━━━━━ Dataset excerpts ━━━━━

//! Exact prefilters compared with the plain search.
use crate::asserted::assert_same;
use crate::made::{Answer, SPANS, answer_of, bytes_of, place, prefilter};
use crate::plain::leftmost_plainly;
use MatchKind::{LeftmostFirst, LeftmostLongest};
use literal_prefilters::prefilter::Prefilter;
use literal_prefilters::{MatchKind, Span, packed};
use std::alloc::Global;
use std::process::Abort;
use std::test::Fail;

/// Patterns with exact prefilters.
static EXACT: [&[&[u8]]; 4] = [
    &[b"ab"],
    &[b"aba"],
    &[b"aK", b"bQ", b"cb"],
    &[b"a", b"ab", b"bb", b"c", b"KK"],
];

/// The answer of the plain search in a span of a haystack of five bytes.
fn plainly(patterns: &[&[u8]], kind: packed::MatchKind, haystack: &[u8; 5], span: Span) -> Answer {
    if patterns.len() > 5 || span.start > span.end || span.end > 5 {
        return Answer::Start(0); // (no list or span is like this, and no exact prefilter gives this answer)
    }
    match leftmost_plainly(patterns, kind, false, haystack, span) {
        Some(found) => Answer::Found(place(found)),
        None => Answer::Nothing,
    }
}

/// Compares in some spans of all haystacks of five bytes, and returns the number of haystacks.
fn compare(rt: &impl Abort, pre: &Prefilter, patterns: &[&[u8]], kind: packed::MatchKind) -> u32 {
    let mut spans: u32 = 0;
    for number in 0..3125 {
        let haystack = bytes_of(number);
        for (start, end) in SPANS {
            let span = Span { start, end };
            let wanted = plainly(patterns, kind, &haystack, span);
            let found = answer_of(pre.find_in(&haystack, span));
            let note = format_args!("{patterns:?}: {haystack:?} in {span:?}");
            assert_same(rt, found, wanted, note);
            spans = spans.wrapping_add(1);
        }
    }
    spans
}

/// Compares for a list of patterns and a kind of match.
fn assert_list(
    rt: &impl Abort,
    alloc: Global,
    patterns: &[&[u8]],
    kind: MatchKind,
) -> Result<(), Fail> {
    let as_packed = kind.as_packed().ok_or("no leftmost kind")?;
    let pre = prefilter(alloc, kind, false, patterns)?;
    let spans = compare(rt, &pre, patterns, as_packed);
    assert_same(rt, spans, 15625, format_args!("{patterns:?}"));
    Ok(())
}

/// Compares for all lists.
pub fn assert_lists(rt: &impl Abort, alloc: Global) -> Result<(), Fail> {
    for patterns in &EXACT {
        assert_list(rt, alloc, patterns, LeftmostFirst)?;
        assert_list(rt, alloc, patterns, LeftmostLongest)?;
    }
    Ok(())
}
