//! The searches compared with plain ones on many small cases and on long ones. The plain ones are proved only from the
//! definitions.
#![tactic(auto)]

#[cfg(test)]
mod asking;
#[cfg(test)]
mod asserted;
#[cfg(test)]
mod automaton;
#[cfg(test)]
mod chosen;
#[cfg(test)]
mod compared;
#[cfg(test)]
mod confirming;
#[cfg(test)]
mod exact;
#[cfg(test)]
mod fingerprints;
#[cfg(test)]
mod large;
#[cfg(test)]
mod made;
#[cfg(test)]
mod overlapping;
#[cfg(test)]
mod pairs;
pub mod plain;
#[cfg(test)]
mod running_tables;
#[cfg(test)]
mod stepping;
pub mod steps;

━━━━━

What to do - Using the listing above, pull out all lines that hold the word "number".

Answer to this task -
/// Compares in some spans of all haystacks of five bytes, and returns the number of haystacks.
    for number in 0..3125 {
        let haystack = bytes_of(number);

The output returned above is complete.